▶ Task inputs:
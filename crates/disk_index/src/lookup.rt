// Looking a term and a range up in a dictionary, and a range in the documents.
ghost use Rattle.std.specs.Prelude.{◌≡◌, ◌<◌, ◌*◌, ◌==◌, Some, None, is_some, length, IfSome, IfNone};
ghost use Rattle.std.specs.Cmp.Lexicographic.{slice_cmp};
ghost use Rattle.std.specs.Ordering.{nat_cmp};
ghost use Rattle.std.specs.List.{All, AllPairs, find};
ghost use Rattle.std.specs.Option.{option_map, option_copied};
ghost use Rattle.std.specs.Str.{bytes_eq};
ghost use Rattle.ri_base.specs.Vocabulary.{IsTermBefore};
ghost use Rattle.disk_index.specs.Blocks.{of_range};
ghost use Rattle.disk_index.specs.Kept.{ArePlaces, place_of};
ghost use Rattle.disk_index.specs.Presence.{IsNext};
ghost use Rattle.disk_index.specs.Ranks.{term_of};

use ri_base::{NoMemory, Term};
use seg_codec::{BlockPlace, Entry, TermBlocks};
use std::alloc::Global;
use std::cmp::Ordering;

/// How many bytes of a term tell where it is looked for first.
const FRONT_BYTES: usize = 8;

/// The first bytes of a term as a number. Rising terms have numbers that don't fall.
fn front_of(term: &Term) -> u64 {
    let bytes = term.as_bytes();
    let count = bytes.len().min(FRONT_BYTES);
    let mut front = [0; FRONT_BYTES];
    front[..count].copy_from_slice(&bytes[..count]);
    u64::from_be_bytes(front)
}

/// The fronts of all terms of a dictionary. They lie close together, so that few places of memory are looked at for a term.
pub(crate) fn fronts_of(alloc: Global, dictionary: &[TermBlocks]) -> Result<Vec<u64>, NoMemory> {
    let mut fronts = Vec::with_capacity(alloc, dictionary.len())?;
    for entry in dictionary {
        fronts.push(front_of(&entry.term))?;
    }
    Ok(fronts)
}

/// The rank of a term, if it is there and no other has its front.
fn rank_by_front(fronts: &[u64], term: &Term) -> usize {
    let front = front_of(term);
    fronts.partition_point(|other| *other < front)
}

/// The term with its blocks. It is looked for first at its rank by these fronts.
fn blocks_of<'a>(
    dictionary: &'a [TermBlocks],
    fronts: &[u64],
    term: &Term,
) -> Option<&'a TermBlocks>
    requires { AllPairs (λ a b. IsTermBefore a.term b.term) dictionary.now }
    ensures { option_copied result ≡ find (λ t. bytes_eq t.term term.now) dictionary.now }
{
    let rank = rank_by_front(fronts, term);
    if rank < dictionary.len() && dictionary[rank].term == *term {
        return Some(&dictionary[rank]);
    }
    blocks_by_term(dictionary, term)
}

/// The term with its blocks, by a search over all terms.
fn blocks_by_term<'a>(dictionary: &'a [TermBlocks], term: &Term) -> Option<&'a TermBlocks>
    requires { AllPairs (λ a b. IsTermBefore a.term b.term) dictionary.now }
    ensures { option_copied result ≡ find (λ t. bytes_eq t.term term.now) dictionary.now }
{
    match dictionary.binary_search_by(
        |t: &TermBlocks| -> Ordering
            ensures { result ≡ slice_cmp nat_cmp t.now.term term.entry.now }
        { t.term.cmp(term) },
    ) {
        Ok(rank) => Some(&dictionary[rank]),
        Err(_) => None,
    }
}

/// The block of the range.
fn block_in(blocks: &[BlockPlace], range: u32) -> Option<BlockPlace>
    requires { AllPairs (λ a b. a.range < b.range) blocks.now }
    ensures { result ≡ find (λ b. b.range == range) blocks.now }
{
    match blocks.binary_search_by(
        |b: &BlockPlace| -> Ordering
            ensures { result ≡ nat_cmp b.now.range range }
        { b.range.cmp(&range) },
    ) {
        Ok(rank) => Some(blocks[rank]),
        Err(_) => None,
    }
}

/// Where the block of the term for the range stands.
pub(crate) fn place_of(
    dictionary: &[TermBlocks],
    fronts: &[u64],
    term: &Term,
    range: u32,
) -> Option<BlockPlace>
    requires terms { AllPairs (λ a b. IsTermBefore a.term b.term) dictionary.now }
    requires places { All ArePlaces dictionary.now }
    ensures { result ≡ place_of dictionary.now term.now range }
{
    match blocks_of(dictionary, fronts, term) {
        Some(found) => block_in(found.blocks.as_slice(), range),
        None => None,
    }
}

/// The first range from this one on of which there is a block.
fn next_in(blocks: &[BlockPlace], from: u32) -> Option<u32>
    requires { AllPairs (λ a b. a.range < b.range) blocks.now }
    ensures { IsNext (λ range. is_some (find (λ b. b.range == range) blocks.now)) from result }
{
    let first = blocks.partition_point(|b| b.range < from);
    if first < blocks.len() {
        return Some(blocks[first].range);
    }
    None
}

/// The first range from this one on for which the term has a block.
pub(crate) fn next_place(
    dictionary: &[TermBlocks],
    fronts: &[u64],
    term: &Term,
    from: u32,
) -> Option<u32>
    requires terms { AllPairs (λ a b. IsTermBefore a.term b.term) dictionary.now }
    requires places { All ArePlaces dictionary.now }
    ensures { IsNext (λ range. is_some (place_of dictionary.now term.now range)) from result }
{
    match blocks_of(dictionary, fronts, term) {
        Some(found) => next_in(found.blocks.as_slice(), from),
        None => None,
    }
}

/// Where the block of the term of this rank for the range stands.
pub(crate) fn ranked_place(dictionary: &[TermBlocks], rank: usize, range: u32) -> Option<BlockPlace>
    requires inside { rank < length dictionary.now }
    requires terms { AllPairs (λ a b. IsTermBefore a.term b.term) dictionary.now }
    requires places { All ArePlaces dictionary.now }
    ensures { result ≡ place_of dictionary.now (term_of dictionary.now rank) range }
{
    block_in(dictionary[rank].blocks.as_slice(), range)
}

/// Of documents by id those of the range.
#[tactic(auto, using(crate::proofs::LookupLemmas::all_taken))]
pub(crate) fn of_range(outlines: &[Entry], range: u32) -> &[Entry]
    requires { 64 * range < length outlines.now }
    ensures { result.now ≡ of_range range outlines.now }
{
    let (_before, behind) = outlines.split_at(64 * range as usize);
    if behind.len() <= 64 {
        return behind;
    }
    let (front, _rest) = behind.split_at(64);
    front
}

▶ Problem details:
Find how many lines of the listing hold "usize" and give the number by itself.

▶ Written solution:
4